Nico Bannow

Analogue mixed signal simulation using Spice and SystemC

SystemC is a discrete event simulator that enables the programmer to model complex designs with varying levels of abstraction. In order to improve precision, it can be coupled to more specialized simulators. This article introduces the concept of loose simulator coupling between an analogue simulator and SystemC. It explains the properties and advantages which include a higher simulation performance as well as a higher degree of flexibility. A design example in which SystemC will be connected to SwitcherCad will demonstrate the benefits of loose coupling.

Evaluation of an object-oriented hardware design methodology for automotive applications

In this paper we present results in using the new object-oriented design approach OSSS (ODETTE system synthesis subset). The methodology and tools of the ODETTE (object-oriented co-design and functional test techniques) project have been developed within the context of the IST programme of the European Commission. Main focus of OSSS lies in the field of hardware design and in synthesis capability. The strategy is based on an extension of the synthesizable subset of standard systemC. The approach supports real object-oriented and synthesizable design features like classes, inheritance, templates, polymorphism and global object access. Therefore OSSS promises high efficiency in sense of capability to handle complex designs, faster development time, improved code quality and faster time to market. In contrast, standard systemC is also based on C++ constructs, but no object-oriented constructs are available yet for a synthesizable system description. We have evaluated OSSS on an automotive design example. It was chosen for the implementation of a component that is part of all video projects: A cameras exposure control unit (ExpoCU). The first main goal that was achieved is a synthesizable design by the automatic generation of an FPGA netlist from an OSSS description. Furthermore we have also proved the methodology to fulfill industrial requirements such as usability for complex system development, integration of existing IP, improved code quality and decreased development effort. Comparison will be done against existing VHDL based design flow. We especially focus on the implementation and testability by comparing the new object-oriented synthesis approach with a standard VHDL flow by laying emphasis on synthesizability. OSSS and equivalent kinds of methodology show a large potential to handle new generations of complex HW-SW systems. Moreover the gap between increasing design complexity and available methodologies already now gets bigger and bigger and thus needs to be closed by new solutions such as OSSS.

Automatic SystemC design configuration for a faster evaluation of different partitioning alternatives

In this paper we present a methodology that is based on SystemC for rapid prototyping to greatly enhance and accelerate the exploration of complex systems to optimize the system architecture.
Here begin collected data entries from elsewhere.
// Days, and the games that a filter accepts.
use crate::text::append_line;
use crate::trees::faultless_trees;
use case_files::{Case, CaseError};
use game_tree::{Bytes, GameTree};
use info_filter::{Condition, ConditionList, Filter, accepts, accepts_known, day_of, written_day};
use kb_geometry::{Outcome, append};
use std::alloc::Global;

/// The day of a date's text, and the day that the text writes, each as a number or `none`.
pub(crate) fn answer_day(case: &Case<'_>, out: &mut Vec<u8>) -> Result<(), CaseError> {
    append_day(out, "", day_of(case.text()))?;
    append_day(out, " ", written_day(case.text()))?;
    append_line(out, b"")
}

fn append_day(out: &mut Vec<u8>, gap: &str, day: Option<i32>) -> Result<(), CaseError> {
    let alloc = *out.allocator();
    let shown = match day {
        Some(day) => format!(in alloc; "{gap}{day}")?,
        None => format!(in alloc; "{gap}none")?,
    };
    Ok(append(out, shown.as_bytes())?)
}

/// The numbers of the games that the conditions accept, from 0. The games stand among the words, or
/// in the part `games`.
pub(crate) fn answer_accepted(
    alloc: Global,
    case: &Case<'_>,
    out: &mut Vec<u8>,
) -> Result<(), CaseError> {
    let games = if case.words.is_empty() {
        case.part("games")
    } else {
        case.words.as_bytes()
    };
    let filter = filter_of(alloc, case.text())?;
    let trees = faultless_trees(alloc, games)?;
    append_accepted(out, &filter, &trees)?;
    let mut copied = Vec::new(alloc);
    append_accepted(&mut copied, &filter.copy(alloc)?, &trees)?;
    if copied.as_slice() != out.as_slice() {
        append(out, &copied)?;
    }
    Ok(())
}

fn append_accepted(
    out: &mut Vec<u8>,
    filter: &Filter,
    trees: &[GameTree],
) -> Result<(), CaseError> {
    let alloc = *out.allocator();
    let mut shown = format!(in alloc; "games")?;
    for (number, tree) in trees.iter().enumerate() {
        if is_accepted(filter, tree) {
            shown = format!(in alloc; "{shown} {number}")?;
        }
    }
    append_line(out, shown.as_bytes())
}

// Whether a filter accepts a game; where its day and outcome are told, the answer has to be the same.
fn is_accepted(filter: &Filter, tree: &GameTree) -> bool {
    let info = tree.info();
    let is_known = accepts_known(filter, info, day_of(info.date()), info.outcome());
    accepts(filter, info) == is_known && is_known
}

// The filter of conditions with `|` between.
fn filter_of(alloc: Global, text: &[u8]) -> Result<Filter, CaseError> {
    let mut conditions = Vec::new(alloc);
    if !text.is_empty() {
        for piece in text.split(|byte| *byte == b'|') {
            conditions.push(condition_of(alloc, piece)?)?;
        }
    }
    Ok(Filter {
        conditions: ConditionList::new(conditions),
    })
}

// The condition that is written as a word, a space and what is looked for.
fn condition_of(alloc: Global, text: &[u8]) -> Result<Condition, CaseError> {
    if let Some(name) = text.strip_prefix(b"player ".as_slice()) {
        Ok(Condition::Player(bytes_of(alloc, name)?))
    } else if let Some(name) = text.strip_prefix(b"black ".as_slice()) {
        Ok(Condition::Black(bytes_of(alloc, name)?))
    } else if let Some(name) = text.strip_prefix(b"white ".as_slice()) {
        Ok(Condition::White(bytes_of(alloc, name)?))
    } else if let Some(name) = text.strip_prefix(b"event ".as_slice()) {
        Ok(Condition::Event(bytes_of(alloc, name)?))
    } else if let Some(name) = text.strip_prefix(b"place ".as_slice()) {
        Ok(Condition::Place(bytes_of(alloc, name)?))
    } else {
        told_condition(text)
    }
}

fn bytes_of(alloc: Global, text: &[u8]) -> Result<Bytes, CaseError> {
    Ok(Bytes::new(text.to_vec(alloc)?))
}

// The condition on a result or a day.
fn told_condition(text: &[u8]) -> Result<Condition, CaseError> {
    if let Some(word) = text.strip_prefix(b"result ".as_slice()) {
        Ok(Condition::Result(outcome_of(word)?))
    } else if let Some(day) = text.strip_prefix(b"from ".as_slice()) {
        Ok(Condition::From(number_of(day)?))
    } else if let Some(day) = text.strip_prefix(b"to ".as_slice()) {
        Ok(Condition::To(number_of(day)?))
    } else {
        Err(CaseError::Bad("no condition"))
    }
}

fn outcome_of(word: &[u8]) -> Result<Outcome, CaseError> {
    match str::from_utf8(word) {
        Ok("black") => Ok(Outcome::Black),
        Ok("white") => Ok(Outcome::White),
        Ok("draw") => Ok(Outcome::Draw),
        Ok("void") => Ok(Outcome::Void),
        Ok("unknown") => Ok(Outcome::Unknown),
        Ok("other") => Ok(Outcome::Other),
        _ => Err(CaseError::Bad("no result")),
    }
}

// The number of a day, which is written as YYYY-MM-DD or as a number.
fn number_of(text: &[u8]) -> Result<i32, CaseError> {
    if let Some(day) = written_day(text) {
        return Ok(day);
    }
    let text = str::from_utf8(text).map_err(|_| CaseError::Bad("no day"))?;
    text.parse::<i32>().map_err(|_| CaseError::Bad("no day"))
}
The approach introduces a methodology to automatically configure system components with regards to the memory mapping of modules. The approach reduces the implementation effort that in conventional approaches has to be done by hand to re-assign and re-configure modules in a system. This does not only save time for manual adaptation but also reduces the chance to introduce errors like known from complex manual modifications. The new approach for automatic system configuration is derived as one of the results and features that come along with the module-adapter (MA) based approach that we have proposed in different presentations (Bannow, 2004). One of the main goals, our proposed methodology has to fulfill, are industrial requirements such as applicability for complex system development, integration of existing IP, improved code quality and decreased development effort. The automated system configuration as well as the whole MA based approach greatly support the designers in the concept phase to simulate a design before the implementation starts

Enabling automated code transformation and variable tracing

To solve the challenge of hardware/software partitioning and the reuse of legacy system models (Bannow et al., 2004) introduced a module adapter (MA) based approach which is considered in section 2. The described transformation/mapping of functional code into a SystemC model still needs heavy code modifications. Besides the parser that has to be nearly as powerful as a C++ compiler the readability suffers from the necessary changes. This paper introduces an approach which reduces the code modifications to a minimum. The primary objective is to provide a solution to enable an automated application. In this novel approach, code readability and transformation effort are improved significantly by using the powerful operator overloading mechanism of C++. The presented implementation can be used to either realize transparent communication over module barriers, trace simulation data or only for debugging purposes. Some examples demonstrate the applicability and give some incitements for expedient use cases. The presented C++ code can be easily extended by inheritance for custom needs.

A Framework for Interactive Refinement of Mixed HW/SW/Analog Systems

Increasing complexity and heterogeneity leads to systems that combine the aspects of both digital hardware/software and mixed-signal embedded systems. A major difficulty is the fact that the components for mixed-signal systems are designed bottom-up, while a digital hardware/software system is designed top- down. Often this requires co-simulation, in practice involving multiple simulators from different vendors and on different platforms. Unfortunately, setting up co-simulations is a time-consuming task which is therefore done only a few times for verification purposes. In this paper we show how a plain SystemC simulation can be connected to Saber. A proxy module interfaces to the SystemC simulation and relays signals from and to Saber. A special signal synchronisation and update scheme ensures the availability of current analogue values to SystemC starting from the very beginning of each time step. Furthermore we introduce a mechanism for automatically connecting SystemC modules and show how it can be used to implement a graphical SystemC editor. A design example which compares a SystemC to Saber co-simulation to a functionally identical SystemC-AMS simulation is also included.